(Beginning of Provided entries)

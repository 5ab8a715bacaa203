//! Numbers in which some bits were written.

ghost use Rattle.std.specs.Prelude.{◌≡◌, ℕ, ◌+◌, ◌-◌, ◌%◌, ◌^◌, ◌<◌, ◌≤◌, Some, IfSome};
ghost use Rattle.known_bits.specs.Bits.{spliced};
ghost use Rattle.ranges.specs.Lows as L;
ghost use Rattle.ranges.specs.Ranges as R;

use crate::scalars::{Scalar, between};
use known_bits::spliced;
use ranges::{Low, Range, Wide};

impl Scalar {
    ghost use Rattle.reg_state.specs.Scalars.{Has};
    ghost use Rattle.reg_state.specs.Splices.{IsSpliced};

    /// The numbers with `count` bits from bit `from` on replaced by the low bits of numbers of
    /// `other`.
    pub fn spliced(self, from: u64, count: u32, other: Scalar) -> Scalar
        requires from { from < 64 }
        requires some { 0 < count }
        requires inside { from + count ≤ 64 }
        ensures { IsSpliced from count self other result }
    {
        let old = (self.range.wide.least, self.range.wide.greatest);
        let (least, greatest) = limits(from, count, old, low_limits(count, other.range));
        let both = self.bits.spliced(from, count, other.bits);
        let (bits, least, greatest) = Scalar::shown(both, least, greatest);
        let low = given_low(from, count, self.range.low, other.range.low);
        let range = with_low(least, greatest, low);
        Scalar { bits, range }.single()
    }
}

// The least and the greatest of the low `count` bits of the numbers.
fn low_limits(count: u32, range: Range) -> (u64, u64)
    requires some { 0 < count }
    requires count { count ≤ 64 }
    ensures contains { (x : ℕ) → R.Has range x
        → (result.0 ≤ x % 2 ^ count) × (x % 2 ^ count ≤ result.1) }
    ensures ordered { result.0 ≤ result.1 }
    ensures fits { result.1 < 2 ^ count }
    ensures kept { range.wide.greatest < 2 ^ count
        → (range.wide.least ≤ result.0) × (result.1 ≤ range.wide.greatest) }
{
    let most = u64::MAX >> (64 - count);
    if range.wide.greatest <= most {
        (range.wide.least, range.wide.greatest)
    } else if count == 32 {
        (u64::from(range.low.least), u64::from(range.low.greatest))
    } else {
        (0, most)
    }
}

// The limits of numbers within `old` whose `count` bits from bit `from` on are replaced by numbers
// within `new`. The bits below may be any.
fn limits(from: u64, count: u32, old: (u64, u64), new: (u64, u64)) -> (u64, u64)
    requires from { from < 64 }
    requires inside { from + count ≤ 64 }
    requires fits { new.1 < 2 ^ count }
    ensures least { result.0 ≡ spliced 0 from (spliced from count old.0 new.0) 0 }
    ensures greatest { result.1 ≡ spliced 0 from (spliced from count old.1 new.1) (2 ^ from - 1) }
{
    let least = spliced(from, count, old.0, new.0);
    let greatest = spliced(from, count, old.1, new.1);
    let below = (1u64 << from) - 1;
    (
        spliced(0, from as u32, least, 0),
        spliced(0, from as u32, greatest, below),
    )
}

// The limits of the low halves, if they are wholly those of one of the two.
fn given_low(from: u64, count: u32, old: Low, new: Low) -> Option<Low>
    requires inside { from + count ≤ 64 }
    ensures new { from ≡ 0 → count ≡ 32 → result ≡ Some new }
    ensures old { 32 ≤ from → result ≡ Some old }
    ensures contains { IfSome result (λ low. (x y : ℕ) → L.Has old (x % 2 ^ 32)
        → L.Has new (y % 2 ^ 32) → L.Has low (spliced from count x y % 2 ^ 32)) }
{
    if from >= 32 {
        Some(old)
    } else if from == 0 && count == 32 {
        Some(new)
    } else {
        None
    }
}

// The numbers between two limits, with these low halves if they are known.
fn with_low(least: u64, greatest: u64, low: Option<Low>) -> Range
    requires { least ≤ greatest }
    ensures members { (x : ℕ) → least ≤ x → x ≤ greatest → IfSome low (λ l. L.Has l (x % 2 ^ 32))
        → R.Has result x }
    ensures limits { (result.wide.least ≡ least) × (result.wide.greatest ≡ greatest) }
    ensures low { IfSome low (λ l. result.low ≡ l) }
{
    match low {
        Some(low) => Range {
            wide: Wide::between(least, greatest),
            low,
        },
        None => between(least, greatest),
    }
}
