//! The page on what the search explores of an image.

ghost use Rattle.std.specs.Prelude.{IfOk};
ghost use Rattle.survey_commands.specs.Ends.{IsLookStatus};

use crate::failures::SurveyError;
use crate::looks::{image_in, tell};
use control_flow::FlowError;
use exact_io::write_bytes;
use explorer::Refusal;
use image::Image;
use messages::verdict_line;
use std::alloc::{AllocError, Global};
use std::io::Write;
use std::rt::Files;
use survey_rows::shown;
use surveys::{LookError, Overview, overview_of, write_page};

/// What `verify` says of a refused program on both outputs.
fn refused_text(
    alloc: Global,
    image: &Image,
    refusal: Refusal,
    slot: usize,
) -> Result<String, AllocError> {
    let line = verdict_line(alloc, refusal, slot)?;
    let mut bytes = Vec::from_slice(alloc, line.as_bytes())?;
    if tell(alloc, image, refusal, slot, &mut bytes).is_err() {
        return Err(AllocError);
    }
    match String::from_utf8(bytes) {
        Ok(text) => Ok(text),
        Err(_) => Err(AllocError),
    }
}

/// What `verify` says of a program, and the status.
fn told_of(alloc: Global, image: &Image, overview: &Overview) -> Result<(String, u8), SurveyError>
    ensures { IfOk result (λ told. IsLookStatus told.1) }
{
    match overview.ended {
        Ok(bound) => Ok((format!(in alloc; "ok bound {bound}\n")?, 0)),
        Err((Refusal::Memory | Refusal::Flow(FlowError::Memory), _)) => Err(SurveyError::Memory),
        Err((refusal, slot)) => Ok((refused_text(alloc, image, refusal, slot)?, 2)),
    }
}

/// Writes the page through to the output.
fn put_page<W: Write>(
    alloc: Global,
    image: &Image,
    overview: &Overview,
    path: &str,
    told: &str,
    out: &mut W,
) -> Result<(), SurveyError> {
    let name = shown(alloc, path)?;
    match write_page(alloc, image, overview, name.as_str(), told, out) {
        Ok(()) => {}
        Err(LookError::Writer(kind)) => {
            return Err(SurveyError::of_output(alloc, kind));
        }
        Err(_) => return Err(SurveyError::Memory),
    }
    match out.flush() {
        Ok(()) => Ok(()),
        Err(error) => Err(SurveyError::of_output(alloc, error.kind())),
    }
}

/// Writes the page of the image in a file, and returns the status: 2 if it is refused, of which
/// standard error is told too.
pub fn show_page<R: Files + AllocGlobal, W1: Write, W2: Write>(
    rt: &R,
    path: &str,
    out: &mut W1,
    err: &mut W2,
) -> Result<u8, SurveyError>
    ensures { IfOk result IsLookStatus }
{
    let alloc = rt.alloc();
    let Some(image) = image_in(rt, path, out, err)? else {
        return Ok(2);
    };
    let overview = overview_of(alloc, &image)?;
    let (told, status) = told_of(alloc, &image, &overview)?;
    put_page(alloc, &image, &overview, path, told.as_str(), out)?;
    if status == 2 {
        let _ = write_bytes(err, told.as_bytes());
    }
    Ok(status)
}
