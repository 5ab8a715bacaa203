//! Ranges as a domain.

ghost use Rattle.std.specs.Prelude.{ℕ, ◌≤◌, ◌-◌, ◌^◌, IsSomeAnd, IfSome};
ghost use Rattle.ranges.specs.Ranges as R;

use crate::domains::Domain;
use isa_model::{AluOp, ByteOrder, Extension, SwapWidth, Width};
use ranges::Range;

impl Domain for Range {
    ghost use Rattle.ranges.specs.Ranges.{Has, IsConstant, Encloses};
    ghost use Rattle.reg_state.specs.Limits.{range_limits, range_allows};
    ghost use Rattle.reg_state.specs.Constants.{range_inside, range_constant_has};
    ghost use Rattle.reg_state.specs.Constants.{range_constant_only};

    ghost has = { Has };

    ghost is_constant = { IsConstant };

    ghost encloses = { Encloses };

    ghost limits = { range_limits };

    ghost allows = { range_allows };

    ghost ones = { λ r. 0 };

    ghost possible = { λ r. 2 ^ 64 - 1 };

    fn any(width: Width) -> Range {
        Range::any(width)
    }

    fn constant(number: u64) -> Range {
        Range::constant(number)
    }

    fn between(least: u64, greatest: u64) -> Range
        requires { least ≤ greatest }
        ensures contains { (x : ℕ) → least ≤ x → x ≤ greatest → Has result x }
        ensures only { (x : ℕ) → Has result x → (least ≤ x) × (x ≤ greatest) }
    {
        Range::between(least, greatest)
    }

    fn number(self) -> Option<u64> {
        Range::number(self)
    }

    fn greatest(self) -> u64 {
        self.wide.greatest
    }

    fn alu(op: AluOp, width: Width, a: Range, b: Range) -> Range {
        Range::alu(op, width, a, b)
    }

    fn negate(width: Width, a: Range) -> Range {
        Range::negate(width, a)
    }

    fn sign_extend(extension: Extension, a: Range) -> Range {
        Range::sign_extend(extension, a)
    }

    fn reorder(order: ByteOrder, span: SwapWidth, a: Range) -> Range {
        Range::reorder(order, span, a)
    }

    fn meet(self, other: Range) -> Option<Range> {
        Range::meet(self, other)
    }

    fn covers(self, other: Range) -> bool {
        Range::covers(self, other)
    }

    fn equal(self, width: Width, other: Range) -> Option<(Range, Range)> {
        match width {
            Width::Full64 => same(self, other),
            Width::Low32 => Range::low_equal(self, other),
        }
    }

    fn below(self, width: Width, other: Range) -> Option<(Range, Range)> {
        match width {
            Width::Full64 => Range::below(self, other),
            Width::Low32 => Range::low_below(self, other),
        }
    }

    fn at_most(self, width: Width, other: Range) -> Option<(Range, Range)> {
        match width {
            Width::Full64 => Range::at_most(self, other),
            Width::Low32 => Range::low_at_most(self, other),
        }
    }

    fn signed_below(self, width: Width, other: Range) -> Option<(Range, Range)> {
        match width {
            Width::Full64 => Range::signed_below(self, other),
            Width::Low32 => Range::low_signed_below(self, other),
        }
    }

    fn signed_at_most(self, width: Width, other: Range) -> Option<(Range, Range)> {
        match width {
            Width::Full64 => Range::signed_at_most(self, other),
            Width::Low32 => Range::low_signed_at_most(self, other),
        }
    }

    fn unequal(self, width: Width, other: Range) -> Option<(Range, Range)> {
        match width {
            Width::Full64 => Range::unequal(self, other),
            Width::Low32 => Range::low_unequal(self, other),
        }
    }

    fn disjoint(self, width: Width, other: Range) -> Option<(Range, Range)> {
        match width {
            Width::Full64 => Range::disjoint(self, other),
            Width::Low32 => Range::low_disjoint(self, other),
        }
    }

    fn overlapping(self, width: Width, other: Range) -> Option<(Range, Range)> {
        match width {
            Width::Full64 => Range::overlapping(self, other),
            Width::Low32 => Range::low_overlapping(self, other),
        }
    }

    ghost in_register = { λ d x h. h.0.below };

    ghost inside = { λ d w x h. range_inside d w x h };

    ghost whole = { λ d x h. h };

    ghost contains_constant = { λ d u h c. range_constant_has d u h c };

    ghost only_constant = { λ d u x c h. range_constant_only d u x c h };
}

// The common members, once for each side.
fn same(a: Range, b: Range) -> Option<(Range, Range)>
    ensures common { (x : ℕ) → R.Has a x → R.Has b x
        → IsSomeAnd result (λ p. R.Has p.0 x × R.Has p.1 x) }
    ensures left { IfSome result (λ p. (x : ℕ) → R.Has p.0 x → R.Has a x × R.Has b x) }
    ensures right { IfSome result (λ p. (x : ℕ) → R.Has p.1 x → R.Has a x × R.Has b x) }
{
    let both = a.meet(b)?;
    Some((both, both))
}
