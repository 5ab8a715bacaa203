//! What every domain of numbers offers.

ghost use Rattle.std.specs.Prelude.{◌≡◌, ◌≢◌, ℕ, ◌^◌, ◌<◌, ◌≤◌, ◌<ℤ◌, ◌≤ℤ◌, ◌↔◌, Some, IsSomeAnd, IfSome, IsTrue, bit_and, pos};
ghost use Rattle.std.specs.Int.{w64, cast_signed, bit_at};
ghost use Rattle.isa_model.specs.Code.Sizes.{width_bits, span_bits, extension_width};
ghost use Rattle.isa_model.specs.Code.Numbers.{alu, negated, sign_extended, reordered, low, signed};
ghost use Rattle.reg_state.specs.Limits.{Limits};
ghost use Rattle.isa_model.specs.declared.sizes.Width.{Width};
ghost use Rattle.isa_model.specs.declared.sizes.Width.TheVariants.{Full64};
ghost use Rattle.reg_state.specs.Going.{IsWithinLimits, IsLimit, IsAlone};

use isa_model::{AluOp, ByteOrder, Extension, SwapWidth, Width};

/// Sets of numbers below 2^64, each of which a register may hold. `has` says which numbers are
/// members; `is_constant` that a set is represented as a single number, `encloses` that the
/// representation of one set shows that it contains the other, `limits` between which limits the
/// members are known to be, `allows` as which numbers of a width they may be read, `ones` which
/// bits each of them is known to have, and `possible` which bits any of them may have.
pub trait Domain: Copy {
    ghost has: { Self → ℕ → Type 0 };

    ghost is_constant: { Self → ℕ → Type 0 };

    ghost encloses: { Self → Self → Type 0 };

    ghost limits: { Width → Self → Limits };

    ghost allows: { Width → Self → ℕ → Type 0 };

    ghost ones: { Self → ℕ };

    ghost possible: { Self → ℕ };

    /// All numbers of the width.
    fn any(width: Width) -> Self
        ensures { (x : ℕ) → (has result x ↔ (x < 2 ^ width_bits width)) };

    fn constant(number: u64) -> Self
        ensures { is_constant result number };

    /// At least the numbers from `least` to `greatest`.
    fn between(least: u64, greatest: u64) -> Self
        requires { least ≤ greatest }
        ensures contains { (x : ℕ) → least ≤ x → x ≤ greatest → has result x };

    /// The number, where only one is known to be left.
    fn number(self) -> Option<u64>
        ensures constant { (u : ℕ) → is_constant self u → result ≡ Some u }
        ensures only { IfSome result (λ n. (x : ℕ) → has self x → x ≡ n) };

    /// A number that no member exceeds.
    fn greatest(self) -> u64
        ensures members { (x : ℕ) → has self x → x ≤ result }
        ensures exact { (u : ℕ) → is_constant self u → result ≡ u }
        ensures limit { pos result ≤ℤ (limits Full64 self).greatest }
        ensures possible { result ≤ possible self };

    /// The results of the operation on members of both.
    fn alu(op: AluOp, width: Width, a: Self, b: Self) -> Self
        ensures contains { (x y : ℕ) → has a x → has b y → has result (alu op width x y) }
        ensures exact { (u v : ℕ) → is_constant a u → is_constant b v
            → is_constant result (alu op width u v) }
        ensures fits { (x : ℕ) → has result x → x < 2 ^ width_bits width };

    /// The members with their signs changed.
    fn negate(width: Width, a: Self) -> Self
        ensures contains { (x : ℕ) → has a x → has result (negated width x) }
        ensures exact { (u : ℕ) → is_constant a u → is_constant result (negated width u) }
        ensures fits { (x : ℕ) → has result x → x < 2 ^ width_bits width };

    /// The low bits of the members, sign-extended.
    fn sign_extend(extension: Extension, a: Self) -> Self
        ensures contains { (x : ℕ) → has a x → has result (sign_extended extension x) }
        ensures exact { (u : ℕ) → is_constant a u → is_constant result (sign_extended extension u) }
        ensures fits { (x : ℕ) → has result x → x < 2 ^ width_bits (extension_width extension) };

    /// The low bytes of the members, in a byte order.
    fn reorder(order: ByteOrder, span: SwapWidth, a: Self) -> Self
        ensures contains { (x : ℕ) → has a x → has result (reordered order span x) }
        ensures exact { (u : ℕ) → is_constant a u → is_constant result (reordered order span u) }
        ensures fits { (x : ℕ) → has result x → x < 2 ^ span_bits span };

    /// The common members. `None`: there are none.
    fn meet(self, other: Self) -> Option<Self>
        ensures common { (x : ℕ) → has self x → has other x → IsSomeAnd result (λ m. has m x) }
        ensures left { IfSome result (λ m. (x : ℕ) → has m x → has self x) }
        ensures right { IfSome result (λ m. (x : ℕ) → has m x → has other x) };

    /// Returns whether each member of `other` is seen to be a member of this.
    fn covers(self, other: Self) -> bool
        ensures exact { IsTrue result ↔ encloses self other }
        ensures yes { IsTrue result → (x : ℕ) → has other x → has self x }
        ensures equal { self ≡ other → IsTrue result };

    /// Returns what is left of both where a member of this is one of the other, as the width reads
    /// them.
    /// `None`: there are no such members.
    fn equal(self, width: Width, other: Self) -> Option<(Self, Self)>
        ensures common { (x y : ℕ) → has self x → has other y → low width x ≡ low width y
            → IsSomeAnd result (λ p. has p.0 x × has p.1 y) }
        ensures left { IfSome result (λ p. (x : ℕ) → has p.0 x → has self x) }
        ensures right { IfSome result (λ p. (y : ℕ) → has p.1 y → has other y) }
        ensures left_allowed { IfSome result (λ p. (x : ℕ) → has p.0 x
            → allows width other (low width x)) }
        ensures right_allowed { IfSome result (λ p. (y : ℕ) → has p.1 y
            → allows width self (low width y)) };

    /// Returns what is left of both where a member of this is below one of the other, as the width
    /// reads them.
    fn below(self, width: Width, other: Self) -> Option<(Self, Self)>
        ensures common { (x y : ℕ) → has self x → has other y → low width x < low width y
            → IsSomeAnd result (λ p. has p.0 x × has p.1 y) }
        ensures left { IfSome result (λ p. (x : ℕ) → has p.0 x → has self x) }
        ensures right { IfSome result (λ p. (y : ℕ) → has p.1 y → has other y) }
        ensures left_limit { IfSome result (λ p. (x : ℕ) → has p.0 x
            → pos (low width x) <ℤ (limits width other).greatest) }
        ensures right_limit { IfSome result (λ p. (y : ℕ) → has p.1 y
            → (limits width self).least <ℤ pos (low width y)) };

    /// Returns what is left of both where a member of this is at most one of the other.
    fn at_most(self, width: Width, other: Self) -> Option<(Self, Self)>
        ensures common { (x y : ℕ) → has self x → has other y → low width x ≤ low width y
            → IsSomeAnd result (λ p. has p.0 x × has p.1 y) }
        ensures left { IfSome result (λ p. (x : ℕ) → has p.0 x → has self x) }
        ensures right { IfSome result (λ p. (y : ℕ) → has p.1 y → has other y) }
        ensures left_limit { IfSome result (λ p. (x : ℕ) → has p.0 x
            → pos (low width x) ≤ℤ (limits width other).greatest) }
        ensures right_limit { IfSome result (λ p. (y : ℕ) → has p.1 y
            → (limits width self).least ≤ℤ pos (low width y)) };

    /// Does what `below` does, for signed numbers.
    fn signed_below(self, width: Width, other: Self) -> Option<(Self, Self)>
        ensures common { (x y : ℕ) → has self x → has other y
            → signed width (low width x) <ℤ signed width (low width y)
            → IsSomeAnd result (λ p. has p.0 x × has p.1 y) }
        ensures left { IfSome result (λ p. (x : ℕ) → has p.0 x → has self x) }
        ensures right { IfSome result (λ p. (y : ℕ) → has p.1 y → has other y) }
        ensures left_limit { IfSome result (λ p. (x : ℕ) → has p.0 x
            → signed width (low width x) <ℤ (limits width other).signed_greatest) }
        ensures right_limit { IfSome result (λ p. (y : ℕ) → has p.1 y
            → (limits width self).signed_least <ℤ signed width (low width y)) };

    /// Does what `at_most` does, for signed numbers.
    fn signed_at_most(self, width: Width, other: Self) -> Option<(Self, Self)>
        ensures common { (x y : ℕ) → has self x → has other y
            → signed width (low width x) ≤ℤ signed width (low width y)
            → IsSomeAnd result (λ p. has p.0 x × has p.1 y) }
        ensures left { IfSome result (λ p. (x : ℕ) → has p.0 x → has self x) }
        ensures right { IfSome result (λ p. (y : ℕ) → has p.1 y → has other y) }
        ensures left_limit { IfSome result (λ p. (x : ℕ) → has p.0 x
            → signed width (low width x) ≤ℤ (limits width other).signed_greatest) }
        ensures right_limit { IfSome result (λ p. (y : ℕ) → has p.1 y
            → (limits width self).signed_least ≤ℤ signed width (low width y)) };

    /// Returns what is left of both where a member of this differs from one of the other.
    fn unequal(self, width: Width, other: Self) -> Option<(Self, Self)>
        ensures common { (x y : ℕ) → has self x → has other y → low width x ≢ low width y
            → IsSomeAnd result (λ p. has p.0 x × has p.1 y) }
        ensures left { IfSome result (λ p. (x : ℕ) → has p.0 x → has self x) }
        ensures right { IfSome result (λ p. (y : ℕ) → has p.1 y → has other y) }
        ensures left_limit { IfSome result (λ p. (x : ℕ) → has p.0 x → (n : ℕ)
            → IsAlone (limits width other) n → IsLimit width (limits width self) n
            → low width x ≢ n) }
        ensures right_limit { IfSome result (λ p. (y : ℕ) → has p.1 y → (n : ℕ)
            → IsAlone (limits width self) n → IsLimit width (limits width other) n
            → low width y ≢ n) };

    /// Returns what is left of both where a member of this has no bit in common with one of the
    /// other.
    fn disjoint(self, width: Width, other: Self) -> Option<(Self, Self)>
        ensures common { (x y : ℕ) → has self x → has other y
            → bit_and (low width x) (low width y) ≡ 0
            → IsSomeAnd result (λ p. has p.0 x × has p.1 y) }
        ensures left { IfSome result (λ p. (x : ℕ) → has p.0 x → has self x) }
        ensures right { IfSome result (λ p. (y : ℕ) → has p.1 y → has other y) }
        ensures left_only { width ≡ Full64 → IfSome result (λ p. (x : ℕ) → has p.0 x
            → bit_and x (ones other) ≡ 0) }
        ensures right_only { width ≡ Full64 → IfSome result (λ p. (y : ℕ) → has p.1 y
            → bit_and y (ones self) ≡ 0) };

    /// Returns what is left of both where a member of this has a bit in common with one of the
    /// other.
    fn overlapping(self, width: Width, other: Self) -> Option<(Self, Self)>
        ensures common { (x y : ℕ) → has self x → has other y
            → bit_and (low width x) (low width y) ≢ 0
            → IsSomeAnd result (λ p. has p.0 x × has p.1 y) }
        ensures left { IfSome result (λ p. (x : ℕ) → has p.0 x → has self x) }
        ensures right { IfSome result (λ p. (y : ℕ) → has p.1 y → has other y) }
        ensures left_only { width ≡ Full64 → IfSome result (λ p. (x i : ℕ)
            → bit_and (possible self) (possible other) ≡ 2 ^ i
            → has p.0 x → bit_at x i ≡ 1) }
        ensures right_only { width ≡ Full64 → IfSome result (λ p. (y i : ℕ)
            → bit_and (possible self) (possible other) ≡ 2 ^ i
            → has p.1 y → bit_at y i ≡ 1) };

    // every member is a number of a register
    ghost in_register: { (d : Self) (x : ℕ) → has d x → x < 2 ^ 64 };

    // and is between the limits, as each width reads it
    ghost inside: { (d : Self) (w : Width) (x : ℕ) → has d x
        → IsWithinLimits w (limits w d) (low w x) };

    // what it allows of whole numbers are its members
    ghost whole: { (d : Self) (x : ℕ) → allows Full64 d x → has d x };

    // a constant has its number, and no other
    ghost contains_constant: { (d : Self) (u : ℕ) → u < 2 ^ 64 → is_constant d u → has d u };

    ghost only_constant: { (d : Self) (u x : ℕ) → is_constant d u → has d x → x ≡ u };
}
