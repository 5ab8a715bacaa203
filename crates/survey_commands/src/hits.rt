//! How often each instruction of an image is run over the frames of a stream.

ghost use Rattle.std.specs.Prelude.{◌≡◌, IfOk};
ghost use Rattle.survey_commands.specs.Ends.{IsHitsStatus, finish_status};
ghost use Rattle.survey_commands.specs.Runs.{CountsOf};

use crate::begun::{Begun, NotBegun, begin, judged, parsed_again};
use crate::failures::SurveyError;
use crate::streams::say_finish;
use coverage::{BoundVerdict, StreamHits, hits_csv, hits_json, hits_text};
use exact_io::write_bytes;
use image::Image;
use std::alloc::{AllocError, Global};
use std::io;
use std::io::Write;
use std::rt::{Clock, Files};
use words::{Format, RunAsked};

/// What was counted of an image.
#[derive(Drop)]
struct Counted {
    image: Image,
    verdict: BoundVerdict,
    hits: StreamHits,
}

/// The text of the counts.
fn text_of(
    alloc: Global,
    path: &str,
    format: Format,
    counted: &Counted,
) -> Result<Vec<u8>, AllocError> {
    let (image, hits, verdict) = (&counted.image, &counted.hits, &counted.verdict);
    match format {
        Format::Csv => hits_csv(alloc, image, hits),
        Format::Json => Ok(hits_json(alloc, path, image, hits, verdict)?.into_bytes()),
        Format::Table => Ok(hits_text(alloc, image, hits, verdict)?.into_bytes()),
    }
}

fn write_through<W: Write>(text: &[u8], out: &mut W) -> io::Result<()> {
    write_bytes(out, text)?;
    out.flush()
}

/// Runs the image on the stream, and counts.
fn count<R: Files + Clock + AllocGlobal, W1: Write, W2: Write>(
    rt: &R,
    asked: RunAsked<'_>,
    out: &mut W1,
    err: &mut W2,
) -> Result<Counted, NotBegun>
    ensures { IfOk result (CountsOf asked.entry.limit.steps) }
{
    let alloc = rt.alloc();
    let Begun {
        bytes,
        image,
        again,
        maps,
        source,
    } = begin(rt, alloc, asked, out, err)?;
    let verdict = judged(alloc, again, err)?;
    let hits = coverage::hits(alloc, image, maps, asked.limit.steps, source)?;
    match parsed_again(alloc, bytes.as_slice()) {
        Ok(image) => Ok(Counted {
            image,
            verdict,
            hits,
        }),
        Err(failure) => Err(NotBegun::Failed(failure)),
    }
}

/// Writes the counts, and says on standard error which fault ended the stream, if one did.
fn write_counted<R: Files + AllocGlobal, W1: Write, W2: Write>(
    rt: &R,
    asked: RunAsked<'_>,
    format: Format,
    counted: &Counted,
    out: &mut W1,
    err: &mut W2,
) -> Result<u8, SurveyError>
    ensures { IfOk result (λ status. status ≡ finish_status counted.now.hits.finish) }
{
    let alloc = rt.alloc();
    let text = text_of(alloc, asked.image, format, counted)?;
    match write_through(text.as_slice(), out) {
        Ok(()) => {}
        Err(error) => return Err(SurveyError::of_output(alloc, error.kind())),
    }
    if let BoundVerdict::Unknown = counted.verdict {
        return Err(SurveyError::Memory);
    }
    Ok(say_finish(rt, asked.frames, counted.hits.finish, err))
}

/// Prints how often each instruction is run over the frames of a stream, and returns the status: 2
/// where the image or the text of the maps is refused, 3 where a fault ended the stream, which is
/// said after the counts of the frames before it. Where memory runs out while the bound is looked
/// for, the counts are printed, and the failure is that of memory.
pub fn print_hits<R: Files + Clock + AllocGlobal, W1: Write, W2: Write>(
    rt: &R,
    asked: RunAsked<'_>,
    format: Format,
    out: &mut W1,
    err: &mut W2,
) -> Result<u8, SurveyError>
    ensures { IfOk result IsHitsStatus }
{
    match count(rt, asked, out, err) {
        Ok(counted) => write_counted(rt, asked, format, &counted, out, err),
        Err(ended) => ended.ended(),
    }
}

(End of Provided entries)

▶ **Goal of the exercise**
From the material above, set down exactly the lines starting at the one with "use std::io;" and ending at the one with "Err(error) => return", end lines included.

▶ **Reply to the task**
use std::io;
use std::io::Write;
use std::rt::{Clock, Files};
use words::{Format, RunAsked};

/// What was counted of an image.
#[derive(Drop)]
struct Counted {
    image: Image,
    verdict: BoundVerdict,
    hits: StreamHits,
}

/// The text of the counts.
fn text_of(
    alloc: Global,
    path: &str,
    format: Format,
    counted: &Counted,
) -> Result<Vec<u8>, AllocError> {
    let (image, hits, verdict) = (&counted.image, &counted.hits, &counted.verdict);
    match format {
        Format::Csv => hits_csv(alloc, image, hits),
        Format::Json => Ok(hits_json(alloc, path, image, hits, verdict)?.into_bytes()),
        Format::Table => Ok(hits_text(alloc, image, hits, verdict)?.into_bytes()),
    }
}

fn write_through<W: Write>(text: &[u8], out: &mut W) -> io::Result<()> {
    write_bytes(out, text)?;
    out.flush()
}

/// Runs the image on the stream, and counts.
fn count<R: Files + Clock + AllocGlobal, W1: Write, W2: Write>(
    rt: &R,
    asked: RunAsked<'_>,
    out: &mut W1,
    err: &mut W2,
) -> Result<Counted, NotBegun>
    ensures { IfOk result (CountsOf asked.entry.limit.steps) }
{
    let alloc = rt.alloc();
    let Begun {
        bytes,
        image,
        again,
        maps,
        source,
    } = begin(rt, alloc, asked, out, err)?;
    let verdict = judged(alloc, again, err)?;
    let hits = coverage::hits(alloc, image, maps, asked.limit.steps, source)?;
    match parsed_again(alloc, bytes.as_slice()) {
        Ok(image) => Ok(Counted {
            image,
            verdict,
            hits,
        }),
        Err(failure) => Err(NotBegun::Failed(failure)),
    }
}

/// Writes the counts, and says on standard error which fault ended the stream, if one did.
fn write_counted<R: Files + AllocGlobal, W1: Write, W2: Write>(
    rt: &R,
    asked: RunAsked<'_>,
    format: Format,
    counted: &Counted,
    out: &mut W1,
    err: &mut W2,
) -> Result<u8, SurveyError>
    ensures { IfOk result (λ status. status ≡ finish_status counted.now.hits.finish) }
{
    let alloc = rt.alloc();
    let text = text_of(alloc, asked.image, format, counted)?;
    match write_through(text.as_slice(), out) {
        Ok(()) => {}
        Err(error) => return Err(SurveyError::of_output(alloc, error.kind())),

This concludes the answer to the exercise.